I think you make have just realized this, but I'll finish this comment just so we're both on the same page. Your example is subtly different from what's happening in the failure case. In your example, parentURL is indeed still a valid file:// URL. However, in the failure case, it is not. This was easy to prove to myself:

const { fileURLToPath } = require('url');
fileURLToPath('node:util?foo=bar');

The above errors out exactly the same as the failure case with import-in-the-middle:

Uncaught TypeError [ERR_INVALID_URL_SCHEME]: The URL must be of scheme file
    at fileURLToPath (node:internal/url:1463:11) {
  code: 'ERR_INVALID_URL_SCHEME'
}

@timfish
Copy link
Collaborator

timfish commented May 14, 2024

You're right, but fileURLToPath('node:util') also throws with the same error!

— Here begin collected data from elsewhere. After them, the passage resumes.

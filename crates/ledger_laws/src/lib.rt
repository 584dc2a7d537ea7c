//! What a lawful ledger promises, in the words of those who book by it: laws that no function needs, and that a caller
//! cites.
#![tactic(auto)]

mod laws;

pub use laws::{lawful_books_are_right, rows_stand_for_one_ledger, views_tell_refusals};
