ghost use Rattle.std.specs.Prelude.{◌≡◌, ◌++◌, cond, map, Some, None, IfOk, IfErr, OnOk};
ghost use Rattle.std.specs.List.{find, position};
ghost use Rattle.std.specs.Option.{option_or};
ghost use Rattle.lock_entry.specs.Names.{has_name, named};
ghost use Rattle.lock_entry.specs.Names as names;
ghost use Rattle.lock_entry.specs.Barring as barring;
ghost use Rattle.lock_entry.specs.Granting.{first_bar};
ghost use Rattle.lock_table.specs.Halves.{half_at, IsBar};

use enq_base::NoMemory;
use lock_entry::{AskFault, Asked, Asker, Entry, LockName, Request, bars};
use std::alloc::Global;

/// A half of a request: the name of an entry, where that stands, and its count, or 0.
#[derive(Clone, Copy, Debug)]
pub struct Half {
    pub name: LockName,
    pub place: Option<usize>,
    pub count: u16,
}

/// Where the entries of the two owners stand that have just what is asked for.
#[derive(Clone, Copy, Debug)]
pub struct Places {
    pub dialogue: Option<usize>,
    pub update: Option<usize>,
}

/// Walks once over the entries: the oldest one that bars what is asked for, or else where those of the two owners
/// stand.
pub fn look(entries: &[Entry], asker: &Asker, asked: &Asked) -> Result<Places, Entry>
    ensures free { OnOk result (find (barring.bars asker.now asked.now) entries.now ≡ None) }
    ensures barred { IfErr result (λ e. find (barring.bars asker.now asked.now) entries.now ≡ Some e) }
    ensures dialogue { IfOk result
        (λ p. p.dialogue ≡ position (has_name (named asker.now.dialogue asked.now)) entries.now) }
    ensures update { IfOk result (λ p. p.update ≡ position (has_name (named asker.now.update asked.now)) entries.now) }
{
    let dialogue = LockName {
        owner: asker.dialogue,
        asked: *asked,
    };
    let update = LockName {
        owner: asker.update,
        asked: *asked,
    };
    let mut places = Places {
        dialogue: None,
        update: None,
    };
    for i in 0..entries.len() {
        let entry = entries[i];
        if bars(&entry, asker, asked) {
            return Err(entry);
        }
        places.dialogue = earlier(places.dialogue, entry.has_name(&dialogue), i);
        places.update = earlier(places.update, entry.has_name(&update), i);
    }
    Ok(places)
}

/// The place that was found before, or else this one where it is found now.
fn earlier(before: Option<usize>, found: bool, place: usize) -> Option<usize>
    ensures { result ≡ option_or before (cond found (Some place) None) }
{
    if before.is_some() {
        return before;
    }
    if found { Some(place) } else { None }
}

/// The halves of the requests, in order. Each request takes one walk over the entries.
pub fn halves(
    alloc: Global,
    entries: &[Entry],
    asker: &Asker,
    requests: &[Request],
) -> Result<Vec<Half>, AskFault>
    ensures free { OnOk result (first_bar entries.now asker.now (map (λ r. r.asked) requests.now) ≡ None) }
    ensures halves { IfOk result (λ v. v.items ≡ map (half_at entries.now) (names.halves asker.now requests.now)) }
    ensures refused { IfErr result (λ f. IsBar (first_bar entries.now asker.now (map (λ r. r.asked) requests.now)) f) }
{
    let mut halves = Vec::new(alloc);
    for request in requests {
        match look(entries, asker, &request.asked) {
            Ok(places) => push_halves(&mut halves, entries, asker, request, &places)?,
            Err(entry) => return Err(AskFault::Foreign(entry)),
        }
    }
    Ok(halves)
}

fn push_halves(
    halves: &mut Vec<Half>,
    entries: &[Entry],
    asker: &Asker,
    request: &Request,
    places: &Places,
) -> Result<(), NoMemory>
    requires dialogue { places.now.dialogue ≡ position (has_name (named asker.now.dialogue request.now.asked))
        entries.now }
    requires update { places.now.update ≡ position (has_name (named asker.now.update request.now.asked)) entries.now }
    ensures { OnOk result
        (halves.new.items ≡ halves.old.items ++ map (half_at entries.now) (names.halves_of asker.now request.now)) }
{
    if request.dialogue {
        let name = LockName {
            owner: asker.dialogue,
            asked: request.asked,
        };
        halves.push(half_of(entries, name, places.dialogue))?;
    }
    if request.update {
        let name = LockName {
            owner: asker.update,
            asked: request.asked,
        };
        halves.push(half_of(entries, name, places.update))?;
    }
    Ok(())
}

fn half_of(entries: &[Entry], name: LockName, place: Option<usize>) -> Half
    requires { place ≡ position (has_name name) entries.now }
    ensures { result ≡ half_at entries.now name }
{
    match place {
        Some(i) => Half {
            name,
            place,
            count: entries[i].count,
        },
        None => Half {
            name,
            place,
            count: 0,
        },
    }
}
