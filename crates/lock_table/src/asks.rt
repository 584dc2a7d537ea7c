ghost use Rattle.std.specs.Prelude.{◌≡◌, ◌<◌, ◌≤◌, ◌+◌, ◌++◌, ◌||◌, ◌&&◌, ◌∷◌, [], cond, not, nat_lt, is_some, length, map, false, IsTrue, IfOk, IfErr, OnOk, OnErr, Ok, slice_index_or};
ghost use Rattle.std.specs.List.{list_any};
ghost use Rattle.std.specs.Option.{ForSome};
ghost use Rattle.lock_entry.specs.Names as names;
ghost use Rattle.lock_entry.specs.Granting as granting;
ghost use Rattle.lock_entry.specs.Table.{IsFaultOf};
ghost use Rattle.lock_entry.specs.declared.entry.Entry.{Entry};
ghost use Rattle.lock_table.specs.Halves.{capped_entry, fresh_names, half_at, names_of, raised_at};

use crate::halves::{Half, halves};
use enq_base::{Name, NoMemory};
use lock_entry::{AskFault, Asker, Entry, LockName, Request, stands};
use std::alloc::Global;

const MOST: usize = 9999;

/// What a call that is granted adds: the halves of its requests, whose entries rise, and the new entries.
#[derive(Drop)]
pub struct Plan {
    pub halves: Vec<Half>,
    pub added: Vec<Entry>,
}

/// What the requests add where they are granted, or why they are refused.
pub fn plan_grant(
    alloc: Global,
    limit: u32,
    entries: &[Entry],
    asker: &Asker,
    user: &Name,
    requests: &[Request],
) -> Result<Plan, AskFault>
    requires { length entries.now ≤ limit }
    ensures halves { IfOk result
        (λ p. p.halves.items ≡ map (half_at entries.now) (names.halves asker.now requests.now)) }
    ensures counts { OnOk result (granting.is_over entries.now (names.halves asker.now requests.now) ≡ false) }
    ensures granted { IfOk result
        (λ p. granting.asked (record { entries = entries.now; limit = limit }) asker.now user.now requests.now ≡ Ok
        (map (granting.raised (names.halves asker.now requests.now)) entries.now ++ p.added.items)) }
    ensures refused { IfErr result
        (λ f. IsFaultOf (granting.asked (record { entries = entries.now; limit = limit }) asker.now user.now
        requests.now) f) }
{
    let halves = halves(alloc, entries, asker, requests)?;
    let added = new_entries(alloc, user, halves.as_slice())?;
    if is_full(limit, entries.len(), added.len()) {
        return Err(AskFault::Full {
            used: entries.len() as u32,
            limit,
        });
    }
    if is_over(halves.as_slice()) {
        return Err(AskFault::Count);
    }
    Ok(Plan { halves, added })
}

/// Whether entries are added and more than the limit would stand.
pub fn is_full(limit: u32, standing: usize, added: usize) -> bool
    requires { standing ≤ limit }
    ensures { result ≡ (nat_lt 0 added && nat_lt limit (standing + added)) }
{
    added > 0 && added > limit as usize - standing
}

/// How many of the halves name this entry.
fn times(all: &[Half], name: &LockName) -> usize
    ensures { result ≡ names.times (names_of all.now) name.now }
{
    all.iter().filter(|h| name.is(&h.name)).count()
}

/// Whether the count of some entry would exceed 9,999.
fn is_over(all: &[Half]) -> bool
    ensures { result ≡ list_any (λ h. nat_lt 9999 (h.count + names.times (names_of all.now) h.name)) all.now }
{
    all.iter().any(|h| exceeds(h.count, times(all, &h.name)))
}

fn exceeds(count: u16, more: usize) -> bool
    ensures { result ≡ nat_lt 9999 (count + more) }
{
    count as usize > MOST || more > MOST - count as usize
}

/// The entries that the halves make anew, in order of first naming.
fn new_entries(alloc: Global, user: &Name, all: &[Half]) -> Result<Vec<Entry>, NoMemory>
    ensures { IfOk result (λ v. v.items ≡ map (capped_entry user.now (names_of all.now)) (fresh_names all.now)) }
{
    let mut added = Vec::new(alloc);
    for half in all {
        push_new(&mut added, user, all, half)?;
    }
    Ok(added)
}

fn push_new(added: &mut Vec<Entry>, user: &Name, all: &[Half], half: &Half) -> Result<(), NoMemory>
    ensures { OnOk result
        (added.new.items ≡ added.old.items ++ cond
        (is_some half.now.place || names.stands added.old.items half.now.name) []
        (capped_entry user.now (names_of all.now) half.now.name ∷ [])) }
{
    if !is_known(added.as_slice(), half) {
        added.push(capped_entry(user, all, &half.name))?;
    }
    Ok(())
}

fn is_known(added: &[Entry], half: &Half) -> bool
    ensures { result ≡ (is_some half.now.place || names.stands added.now half.now.name) }
{
    half.place.is_some() || stands(added, &half.name)
}

fn capped_entry(user: &Name, all: &[Half], name: &LockName) -> Entry
    ensures { result ≡ capped_entry user.now (names_of all.now) name.now }
{
    Entry {
        owner: name.owner,
        user: *user,
        table: name.asked.table,
        pattern: name.asked.pattern,
        mode: name.asked.mode,
        count: times(all, name).min(MOST) as u16,
        handed: false,
    }
}

/// The entries that are named rise, and the new ones go last.
pub fn grant(entries: &mut Vec<Entry>, all: &[Half], added: &[Entry]) -> Result<(), NoMemory>
    requires halves { all.now ≡ map (half_at entries.old.items) (names_of all.now) }
    requires distinct { IsTrue (names.has_distinct_names entries.old.items) }
    requires counts { granting.is_over entries.old.items (names_of all.now) ≡ false }
    ensures granted { OnOk result
        (entries.new.items ≡ map (granting.raised (names_of all.now)) entries.old.items ++ added.now) }
    ensures unchanged { OnErr result (entries.new.items ≡ entries.old.items) }
{
    entries.extend_from_slice(added)?;
    for half in all {
        raise(entries, half.place);
    }
    Ok(())
}

/// The entry at the place rises by one, if there is a place.
fn raise(entries: &mut Vec<Entry>, place: Option<usize>)
    requires within { ForSome place (λ i. i < length entries.old.items) }
    requires count { ForSome place (λ i. (d : Entry) → (slice_index_or entries.old.items i d).count < 65535) }
    ensures { (d : Entry) → entries.new.items ≡ raised_at entries.old.items place d }
{
    if let Some(i) = place {
        let entry = &mut entries[i];
        entry.count += 1;
    }
}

I think the issue isn't the query string, it's more that import-in-the-middle results in the parentURL being the node built-in which I guess this should never normally be possible because it's not a valid URL.

@timfish
Copy link
Collaborator

timfish commented May 14, 2024

For example, when the minimal reproduction is run through plain old Node:

import { register } from "node:module";

register("import-in-the-middle/hook.mjs", import.meta.url);
await import("node:util");

The iitm resolve function with this added:

    console.log('resolve', [specifier, context.parentURL])

Results in:

resolve [
  'node:util',
  'file:///Users/tim/Documents/Repositories/sentry-v8-tsx-error-repro/test.js'
]
resolve [
  'file:///Users/tim/Documents/Repositories/sentry-v8-tsx-error-repro/node_modules/import-in-the-middle/lib/register.js',
  'node:util?iitm=true'
]
resolve [ 
  'node:util?iitm=true', 
  'node:util?iitm=true' 
]

@nwalters512
Copy link
Author

All great observations! I managed to make a very isolated reproduction: https://github.com/nwalters512/register-hook-playground

It uses neither tsx nor import-in-the-middle; it copies the bare minimum amount of behavior from import-in-the-middle to be able to reproduce:

node:internal/modules/run_main:129
    triggerUncaughtException(
    ^
TypeError [ERR_INVALID_URL_SCHEME]: The URL must be of scheme file
    at fileURLToPath (node:internal/url:1463:11)
    at finalizeResolution (node:internal/modules/esm/resolve:266:42)
    at moduleResolve (node:internal/modules/esm/resolve:933:10)
    at defaultResolve (node:internal/modules/esm/resolve:1157:11)
    at nextResolve (node:internal/modules/esm/hooks:866:28)
    at resolve (file:///Users/nathan/git/register-hook-playground/hook2.mjs:4:21)
    at nextResolve (node:internal/modules/esm/hooks:866:28)
    at Hooks.resolve (node:internal/modules/esm/hooks:304:30)
    at MessagePort.handleMessage (node:internal/modules/esm/worker:196:24)
    at [nodejs.internal.kHybridDispatch] (node:internal/event_target:825:20) {
  code: 'ERR_INVALID_URL_SCHEME'
}

It turns on that the query params were a red herring of sorts. The presence of it actually triggers another behavior in import-in-the-middle that produces synthetic source code for the module being loaded (in this case, node:util?iitm=true):

https://github.com/DataDog/import-in-the-middle/blob/00b01fff1f5b69dd25e307593ec54d1d8abb4844/hook.js#L266

This puts us in a situation that Node would normally never expect to encounter: parentURL refers to a builtin (node:import). You can reproduce this even more simply with the following hook code (in my repro as hook-simpler.mjs):

export async function resolve(specifier, context, parentResolve) {
  specifier = 'file:///dost-not-exist.mjs';
  context.parentURL = 'node:util';
  const url = await parentResolve(specifier, context, parentResolve);
}

This is obviously very contrived, but it reproduces the problem very simply: Node's parentResolve chokes when specifier is a a file:// URL and context.parentURL is not a file:// URL. This wasn't reproducible in your above example because Node seems to short-circuit if specifier is a core module, it never even tries to use context.parentURL in that case.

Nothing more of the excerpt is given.